[DATA PROVIDED Boundary: Start]

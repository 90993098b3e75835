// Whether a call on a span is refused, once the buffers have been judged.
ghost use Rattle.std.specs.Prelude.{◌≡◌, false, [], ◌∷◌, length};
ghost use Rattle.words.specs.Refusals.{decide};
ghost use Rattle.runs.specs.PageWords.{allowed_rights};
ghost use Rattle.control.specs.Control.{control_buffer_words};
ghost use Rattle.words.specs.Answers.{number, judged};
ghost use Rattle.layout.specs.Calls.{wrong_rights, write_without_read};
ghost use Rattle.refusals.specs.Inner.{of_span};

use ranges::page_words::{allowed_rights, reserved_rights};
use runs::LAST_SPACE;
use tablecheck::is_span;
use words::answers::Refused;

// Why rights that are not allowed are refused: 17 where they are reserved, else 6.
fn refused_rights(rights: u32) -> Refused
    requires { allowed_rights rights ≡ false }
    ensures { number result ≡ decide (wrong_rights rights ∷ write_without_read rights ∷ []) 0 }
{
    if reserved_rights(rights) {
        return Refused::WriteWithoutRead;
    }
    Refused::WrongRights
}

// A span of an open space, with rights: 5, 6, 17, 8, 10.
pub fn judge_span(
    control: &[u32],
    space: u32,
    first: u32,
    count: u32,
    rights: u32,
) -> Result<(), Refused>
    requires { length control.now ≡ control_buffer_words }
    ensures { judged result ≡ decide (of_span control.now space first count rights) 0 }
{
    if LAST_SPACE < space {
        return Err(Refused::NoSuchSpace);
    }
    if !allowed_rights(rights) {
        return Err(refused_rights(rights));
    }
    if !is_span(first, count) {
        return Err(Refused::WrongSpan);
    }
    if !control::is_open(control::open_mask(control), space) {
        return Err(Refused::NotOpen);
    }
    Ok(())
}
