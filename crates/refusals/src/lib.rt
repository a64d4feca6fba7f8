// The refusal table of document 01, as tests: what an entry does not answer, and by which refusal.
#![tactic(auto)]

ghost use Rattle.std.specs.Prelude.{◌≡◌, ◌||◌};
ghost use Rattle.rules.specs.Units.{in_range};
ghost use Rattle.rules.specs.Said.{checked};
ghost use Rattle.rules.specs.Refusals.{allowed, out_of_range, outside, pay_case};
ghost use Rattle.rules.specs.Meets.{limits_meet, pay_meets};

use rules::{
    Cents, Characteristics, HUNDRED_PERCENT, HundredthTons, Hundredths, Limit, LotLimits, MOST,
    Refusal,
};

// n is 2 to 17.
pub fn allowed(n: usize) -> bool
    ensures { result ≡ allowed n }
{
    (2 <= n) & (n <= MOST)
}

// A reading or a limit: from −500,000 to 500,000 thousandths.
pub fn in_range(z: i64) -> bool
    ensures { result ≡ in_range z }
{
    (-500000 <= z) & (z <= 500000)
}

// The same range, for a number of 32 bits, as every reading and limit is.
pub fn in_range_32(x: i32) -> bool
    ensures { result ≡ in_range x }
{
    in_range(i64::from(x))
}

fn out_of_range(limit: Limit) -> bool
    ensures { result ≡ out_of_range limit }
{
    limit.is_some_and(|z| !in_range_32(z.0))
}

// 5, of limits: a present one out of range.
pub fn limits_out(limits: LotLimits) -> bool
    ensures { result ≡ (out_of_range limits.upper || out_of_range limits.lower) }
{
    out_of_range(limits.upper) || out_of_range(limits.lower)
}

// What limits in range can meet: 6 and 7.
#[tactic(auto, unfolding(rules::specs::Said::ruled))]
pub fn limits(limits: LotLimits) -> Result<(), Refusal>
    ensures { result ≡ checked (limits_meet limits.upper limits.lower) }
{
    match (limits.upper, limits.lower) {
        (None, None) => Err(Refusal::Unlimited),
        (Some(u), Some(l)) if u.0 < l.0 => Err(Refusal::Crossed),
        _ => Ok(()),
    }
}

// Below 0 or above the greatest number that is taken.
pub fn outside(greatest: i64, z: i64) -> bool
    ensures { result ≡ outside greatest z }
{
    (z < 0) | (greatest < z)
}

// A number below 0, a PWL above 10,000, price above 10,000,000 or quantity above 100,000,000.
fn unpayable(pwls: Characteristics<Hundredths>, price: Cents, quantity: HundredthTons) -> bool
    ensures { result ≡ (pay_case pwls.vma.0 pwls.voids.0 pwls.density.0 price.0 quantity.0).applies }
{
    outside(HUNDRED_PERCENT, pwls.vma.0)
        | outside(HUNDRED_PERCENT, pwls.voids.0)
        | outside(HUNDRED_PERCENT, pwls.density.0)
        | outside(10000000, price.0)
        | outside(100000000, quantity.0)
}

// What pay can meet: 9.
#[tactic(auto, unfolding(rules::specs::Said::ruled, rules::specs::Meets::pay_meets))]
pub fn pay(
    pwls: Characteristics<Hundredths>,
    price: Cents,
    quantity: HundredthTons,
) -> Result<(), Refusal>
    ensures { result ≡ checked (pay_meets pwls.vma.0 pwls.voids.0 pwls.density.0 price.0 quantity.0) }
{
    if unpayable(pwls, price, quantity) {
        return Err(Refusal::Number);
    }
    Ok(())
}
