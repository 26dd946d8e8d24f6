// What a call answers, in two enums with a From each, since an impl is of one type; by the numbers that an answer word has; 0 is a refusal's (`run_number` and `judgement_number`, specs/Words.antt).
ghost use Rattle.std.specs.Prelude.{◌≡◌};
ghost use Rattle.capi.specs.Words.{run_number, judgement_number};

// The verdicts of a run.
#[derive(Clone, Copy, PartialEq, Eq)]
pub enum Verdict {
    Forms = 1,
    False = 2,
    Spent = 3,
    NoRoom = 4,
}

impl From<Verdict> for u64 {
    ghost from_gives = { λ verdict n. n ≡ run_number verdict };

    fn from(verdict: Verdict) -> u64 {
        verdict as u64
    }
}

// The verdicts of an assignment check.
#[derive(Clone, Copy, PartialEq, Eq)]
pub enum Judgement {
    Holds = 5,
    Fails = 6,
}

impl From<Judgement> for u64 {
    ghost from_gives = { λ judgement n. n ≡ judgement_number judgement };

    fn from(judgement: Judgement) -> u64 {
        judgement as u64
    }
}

[DATA PROVIDED Boundary: End]

Repeat the data in full. Alter nothing.

repository 90993098b3e75835
// Whether a call on a span is refused, once the buffers have been judged.
ghost use Rattle.std.specs.Prelude.{◌≡◌, false, [], ◌∷◌, length};
ghost use Rattle.words.specs.Refusals.{decide};
ghost use Rattle.runs.specs.PageWords.{allowed_rights};
ghost use Rattle.control.specs.Control.{control_buffer_words};
ghost use Rattle.words.specs.Answers.{number, judged};
ghost use Rattle.layout.specs.Calls.{wrong_rights, write_without_read};
ghost use Rattle.refusals.specs.Inner.{of_span};

use ranges::page_words::{allowed_rights, reserved_rights};
use runs::LAST_SPACE;
use tablecheck::is_span;
use words::answers::Refused;

// Why rights that are not allowed are refused: 17 where they are reserved, else 6.
fn refused_rights(rights: u32) -> Refused
    requires { allowed_rights rights ≡ false }
    ensures { number result ≡ decide (wrong_rights rights ∷ write_without_read rights ∷ []) 0 }
{
    if reserved_rights(rights) {
        return Refused::WriteWithoutRead;
    }
    Refused::WrongRights
}

// A span of an open space, with rights: 5, 6, 17, 8, 10.
pub fn judge_span(
    control: &[u32],
    space: u32,
    first: u32,
    count: u32,
    rights: u32,
) -> Result<(), Refused>
    requires { length control.now ≡ control_buffer_words }
    ensures { judged result ≡ decide (of_span control.now space first count rights) 0 }
{
    if LAST_SPACE < space {
        return Err(Refused::NoSuchSpace);
    }
    if !allowed_rights(rights) {
        return Err(refused_rights(rights));
    }
    if !is_span(first, count) {
        return Err(Refused::WrongSpan);
    }
    if !control::is_open(control::open_mask(control), space) {
        return Err(Refused::NotOpen);
    }
    Ok(())
}
filename crates/refusals/src/lib.rt
repository a64d4feca6fba7f8
// The refusal table of document 01, as tests: what an entry does not answer, and by which refusal.
#![tactic(auto)]

ghost use Rattle.std.specs.Prelude.{◌≡◌, ◌||◌};
ghost use Rattle.rules.specs.Units.{in_range};
ghost use Rattle.rules.specs.Said.{checked};
ghost use Rattle.rules.specs.Refusals.{allowed, out_of_range, outside, pay_case};
ghost use Rattle.rules.specs.Meets.{limits_meet, pay_meets};

use rules::{
    Cents, Characteristics, HUNDRED_PERCENT, HundredthTons, Hundredths, Limit, LotLimits, MOST,
    Refusal,
};

// n is 2 to 17.
pub fn allowed(n: usize) -> bool
    ensures { result ≡ allowed n }
{
    (2 <= n) & (n <= MOST)
}

// A reading or a limit: from −500,000 to 500,000 thousandths.
pub fn in_range(z: i64) -> bool
    ensures { result ≡ in_range z }
{
    (-500000 <= z) & (z <= 500000)
}

// The same range, for a number of 32 bits, as every reading and limit is.
pub fn in_range_32(x: i32) -> bool
    ensures { result ≡ in_range x }
{
    in_range(i64::from(x))
}

fn out_of_range(limit: Limit) -> bool
    ensures { result ≡ out_of_range limit }
{
    limit.is_some_and(|z| !in_range_32(z.0))
}

// 5, of limits: a present one out of range.
pub fn limits_out(limits: LotLimits) -> bool
    ensures { result ≡ (out_of_range limits.upper || out_of_range limits.lower) }
{
    out_of_range(limits.upper) || out_of_range(limits.lower)
}

// What limits in range can meet: 6 and 7.
#[tactic(auto, unfolding(rules::specs::Said::ruled))]
pub fn limits(limits: LotLimits) -> Result<(), Refusal>
    ensures { result ≡ checked (limits_meet limits.upper limits.lower) }
{
    match (limits.upper, limits.lower) {
        (None, None) => Err(Refusal::Unlimited),
        (Some(u), Some(l)) if u.0 < l.0 => Err(Refusal::Crossed),
        _ => Ok(()),
    }
}

// Below 0 or above the greatest number that is taken.
pub fn outside(greatest: i64, z: i64) -> bool
    ensures { result ≡ outside greatest z }
{
    (z < 0) | (greatest < z)
}

// A number below 0, a PWL above 10,000, price above 10,000,000 or quantity above 100,000,000.
fn unpayable(pwls: Characteristics<Hundredths>, price: Cents, quantity: HundredthTons) -> bool
    ensures { result ≡ (pay_case pwls.vma.0 pwls.voids.0 pwls.density.0 price.0 quantity.0).applies }
{
    outside(HUNDRED_PERCENT, pwls.vma.0)
        | outside(HUNDRED_PERCENT, pwls.voids.0)
        | outside(HUNDRED_PERCENT, pwls.density.0)
        | outside(10000000, price.0)
        | outside(100000000, quantity.0)
}

// What pay can meet: 9.
#[tactic(auto, unfolding(rules::specs::Said::ruled, rules::specs::Meets::pay_meets))]
pub fn pay(
    pwls: Characteristics<Hundredths>,
    price: Cents,
    quantity: HundredthTons,
) -> Result<(), Refusal>
    ensures { result ≡ checked (pay_meets pwls.vma.0 pwls.voids.0 pwls.density.0 price.0 quantity.0) }
{
    if unpayable(pwls, price, quantity) {
        return Err(Refusal::Number);
    }
    Ok(())
}
repository 26dd946d8e8d24f6
// What a call answers, in two enums with a From each, since an impl is of one type; by the numbers that an answer word has; 0 is a refusal's (`run_number` and `judgement_number`, specs/Words.antt).
ghost use Rattle.std.specs.Prelude.{◌≡◌};
ghost use Rattle.capi.specs.Words.{run_number, judgement_number};

// The verdicts of a run.
#[derive(Clone, Copy, PartialEq, Eq)]
pub enum Verdict {
    Forms = 1,
    False = 2,
    Spent = 3,
    NoRoom = 4,
}

impl From<Verdict> for u64 {
    ghost from_gives = { λ verdict n. n ≡ run_number verdict };

    fn from(verdict: Verdict) -> u64 {
        verdict as u64
    }
}

// The verdicts of an assignment check.
#[derive(Clone, Copy, PartialEq, Eq)]
pub enum Judgement {
    Holds = 5,
    Fails = 6,
}

impl From<Judgement> for u64 {
    ghost from_gives = { λ judgement n. n ≡ judgement_number judgement };

    fn from(judgement: Judgement) -> u64 {
        judgement as u64
    }
}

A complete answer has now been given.